Opuściła wzrok, przez chwilę patrząc w dół. Po kilku sekundach zastanowienia uniosła go z powrotem w obiektyw kamery.
Będziemy robić, co jesteśmy w stanie, by Trouge było tą samą przystanią, którą było do tej pory. Będziemy dla was tym samym, czym był dla was Sven, choć dorośnięcie do tego, co sobą reprezentował, leży daleko poza naszym zasięgiem. Chcemy tylko, żebyście wiedzieli, dlaczego na następną godzinę na Trouge zapadnie cisza i półmrok. To godzina żałoby dla wspaniałego człowieka, którego po tylu latach straciliśmy. On tę stację stworzył, sprawił, że jest taka, jaka jest i zasługuje na to, by oddać mu szacunek, który mu się należy.
Nagranie się skończyło, ekran zgasł. Przynajmniej w ten sposób Hawkins miała jakiś obraz tego, co ostatecznie wydarzyło się na stacji. Cała wina spadła na nią, ale nie zamierzała się tam więcej pojawić, a i Anwyn mogła wybrać gorsze wyjaśnienie. Co zrobiła z ochroną, która widziała, że nie do końca była to prawdziwa wersja zdarzeń - tego już nie mieli się dowiedzieć, chyba że postanowią wrócić.

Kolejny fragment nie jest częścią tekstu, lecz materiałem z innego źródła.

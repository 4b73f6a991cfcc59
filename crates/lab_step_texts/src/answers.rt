//! The answers that calls on words can have, as they are written.
ghost use Rattle.std.specs.Prelude.{◌≡◌, IfOk, is_some, map, not, option_map, string_bytes};
ghost use Rattle.std.specs.List.{list_any};
ghost use Rattle.std.specs.Str.{bytes_eq};
ghost use Rattle.lab_scenario_orders.specs.Asks as asks;
ghost use Rattle.lab_scenario_orders.specs.Asks.{caller_text, text_behind};
ghost use Rattle.lab_step_texts.specs.Answers as answers;
ghost use Rattle.lab_step_texts.specs.Answers.{can_be, can_come, can_have, first_impossible, is_impossible};

use lab_scenario_orders::{Ask, Never};
use lab_step_orders::{Crew, CrewCaller, WordCall};
use std::alloc::{AllocError, Global};

// The answers that a call can have.
fn answers_of(call: WordCall) -> &'static [&'static str]
    ensures { map (λ word. word.now) result.now ≡ answers.answers_of call }
{
    match call {
        WordCall::TryLockStax(_) => &["pass", "Again", "Limit", "Raced", "Unknown", "Busy"],
        WordCall::UnlockStax(_) => &["done", "done, others want in", "NotOwner"],
        WordCall::ClaimStax(_) => &["done", "Unknown"],
        WordCall::TryLockMutex(_) => &["pass", "Busy", "Unknown", "WrongStage", "Deadlock"],
        WordCall::UnlockMutexFast(_) => &["done", "Busy", "NotOwner"],
        WordCall::TryUnlockMutex(_) => &["done", "Busy", "NotOwner", "CoreBusy"],
        WordCall::BeginLockMutex(_, _) => {
            &[
                "pass",
                "begun",
                "Busy",
                "Unknown",
                "WrongStage",
                "Deadlock",
                "CoreBusy",
            ]
        }
        WordCall::FinishLockMutex => &["pass", "timed out", "Invalid", "CoreBusy"],
        WordCall::Kernel(_) | WordCall::Finish(_) => {
            &[
                "done",
                "begun",
                "timed out",
                "Unknown",
                "Invalid",
                "Again",
                "Busy",
                "NotOwner",
                "Deadlock",
                "Limit",
                "Range",
                "TooBig",
                "WrongStage",
                "CoreBusy",
            ]
        }
    }
}

// The front parts after which a number follows.
fn fronts_of(call: WordCall) -> &'static [&'static str]
    ensures { map (λ word. word.now) result.now ≡ answers.fronts_of call }
{
    match call {
        WordCall::Kernel(_) => &["count ", "bits ", "number ", "thread "],
        WordCall::Finish(_) => &["bits "],
        _ => &[],
    }
}

// The further answers where callers make a wrong step, so that a word names another owner than the kernel's record.
fn wrong_answers(call: WordCall) -> &'static [&'static str]
    ensures { map (λ word. word.now) result.now ≡ answers.wrong_answers call }
{
    match call {
        WordCall::BeginLockMutex(_, _) => &["Invalid"],
        _ => &[],
    }
}

// The part after the first text in the second, if that begins with it.
fn behind<'a>(front: &[u8], text: &'a [u8]) -> Option<&'a [u8]>
    ensures { option_map (λ rest. rest.now) result ≡ text_behind front.now text.now }
{
    text.strip_prefix(front)
}

/// Whether the second text begins with the first.
pub(crate) fn begins(front: &[u8], text: &[u8]) -> bool
    ensures { result ≡ asks.begins front.now text.now }
{
    behind(front, text).is_some()
}

// Whether a text begins with one of these.
fn begins_with(fronts: &[&str], text: &str) -> bool
    ensures { result ≡ list_any (λ front. asks.begins front text.now) (map (λ word. word.now) fronts.now) }
{
    for front in fronts {
        if begins(front.as_bytes(), text.as_bytes()) {
            return true;
        }
    }
    false
}

/// Whether a text is among these.
pub(crate) fn is_among(words: &[&str], text: &str) -> bool
    ensures { result ≡ list_any (bytes_eq text.now) (map (λ word. word.now) words.now) }
{
    for word in words {
        if text == *word {
            return true;
        }
    }
    false
}

// Whether a call can be answered so.
fn can_be(answer: &str, call: WordCall) -> bool
    ensures { result ≡ can_be answer.now call }
{
    is_among(answers_of(call), answer) || begins_with(fronts_of(call), answer)
}

// The same where callers make a wrong step, or not.
fn can_come(wrong: bool, answer: &str, call: WordCall) -> bool
    ensures { result ≡ can_come wrong answer.now call }
{
    can_be(answer, call) || (wrong && is_among(wrong_answers(call), answer))
}

// Whether one of these calls can.
fn can_any(wrong: bool, answer: &str, calls: &[WordCall]) -> bool
    ensures { result ≡ list_any (can_come wrong answer.now) calls.now }
{
    calls.iter().any(|call| can_come(wrong, answer, *call))
}

// Whether a thread is named so.
fn is_named(alloc: Global, who: &str, number: usize) -> Result<bool, AllocError>
    ensures { IfOk result (λ named. named ≡ bytes_eq (caller_text number) who.now) }
{
    let name = format!(in alloc; "T{number}")?;
    Ok(name.as_str() == who)
}

// Whether one of these callers is named so, and a call of its can be answered so.
fn can_have(
    alloc: Global,
    wrong: bool,
    who: &str,
    answer: &str,
    callers: &[CrewCaller],
) -> Result<bool, AllocError>
    ensures { IfOk result (λ can. can ≡ can_have wrong who.now answer.now 0 callers.now) }
{
    for (number, caller) in callers.iter().enumerate() {
        if is_named(alloc, who, number)? && can_any(wrong, answer, caller.calls.as_slice()) {
            return Ok(true);
        }
    }
    Ok(false)
}

// Whether no call of its caller can have an answer.
fn is_impossible(
    alloc: Global,
    wrong: bool,
    callers: &[CrewCaller],
    never: &Never,
) -> Result<bool, AllocError>
    ensures { IfOk result (λ cannot. cannot ≡ is_impossible wrong callers.now never.now) }
{
    match can_have(
        alloc,
        wrong,
        never.who.as_str(),
        never.answer.as_str(),
        callers,
    ) {
        Ok(can) => Ok(!can),
        Err(error) => Err(error),
    }
}

// The first of these that none can have.
fn impossible_among<'a>(
    alloc: Global,
    wrong: bool,
    callers: &[CrewCaller],
    all: &'a [Never],
) -> Result<Option<&'a Never>, AllocError>
    ensures { IfOk result (λ found. option_map (λ one. one.now) found ≡ first_impossible wrong callers.now all.now) }
{
    for one in all {
        if is_impossible(alloc, wrong, callers, one)? {
            return Ok(Some(one));
        }
    }
    Ok(None)
}

/// The first answer of `never` that no call of its caller can have. `AllocError` where memory couldn't grow.
pub fn first_impossible<'a>(
    alloc: Global,
    crew: &Crew,
    ask: &'a Ask,
) -> Result<Option<&'a Never>, AllocError>
    ensures { IfOk result (λ found. option_map (λ one. one.now) found ≡ first_impossible (is_some crew.now.what_if) crew.now.callers.items ask.now.never.items) }
{
    let wrong = crew.what_if.is_some();
    impossible_among(alloc, wrong, crew.callers.as_slice(), ask.never.as_slice())
}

Kwatera, w której mieszkał Mouse, nie była zablokowana. Chłopak leżał na swoim łóżku, z dłońmi wyprostowanymi wzdłuż ciała. Na nieobecnej twarzy wciąż błądził mu ten lekki uśmiech, z którym umarł. Nawet teraz, gdy przenieśli go z Trouge i Vinnet zamknęła mu oczy. A może tylko się jej tak wydawało. Obok chłopaka, na krześle, siedział Voodoo. Na dźwięk otwierających się drzwi poderwał zwieszoną głowę, ale z jego poparzonej twarzy trudno było wyczytać emocje.
-
I tak miałem wychodzić - mruknął i powoli podniósł się, spoglądając na Mouse'a jeszcze jeden raz.